Problem to solve>
Of all the lines in the entries below, give again exactly those starting at the line containing "it has them." and ending at the line containing "How many runs.", both ends included, and no others.
========================================
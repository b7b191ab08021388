//! What a run came to.

use carry_bindings::Blocked;
use limits_file::Items;
use payroll_records::{Day, NamedValue};
use scaled_decimal::Dec;

/// The state of a run.
#[derive(Drop)]
pub enum State {
    /// No plan serves the run's day.
    NoPlan,
    /// The run has no inputs.
    Blocked(Blocked),
    /// The run's outputs, in declared order.
    Done(Items<NamedValue>),
}

/// What is kept of a run beside its record.
#[derive(Drop)]
pub struct Outcome {
    /// The day from which the run's plan holds, where it has a plan.
    pub plan: Option<Day>,
    /// The run's inputs in declared order, where it has them.
    pub inputs: Option<Items<Dec>>,
    /// The run's state.
    pub state: State,
}

/// How many runs an edit runs, and the steps that they take.
#[derive(Clone, Copy, Debug, PartialEq, Eq)]
pub struct Work {
    /// How many runs.
    pub runs: u64,
    /// The steps that they take.
    pub steps: u64,
}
========================================
Reply to the task>
    /// The run's inputs in declared order, where it has them.
    pub inputs: Option<Items<Dec>>,
    /// The run's state.
    pub state: State,
}

/// How many runs an edit runs, and the steps that they take.
#[derive(Clone, Copy, Debug, PartialEq, Eq)]
pub struct Work {
    /// How many runs.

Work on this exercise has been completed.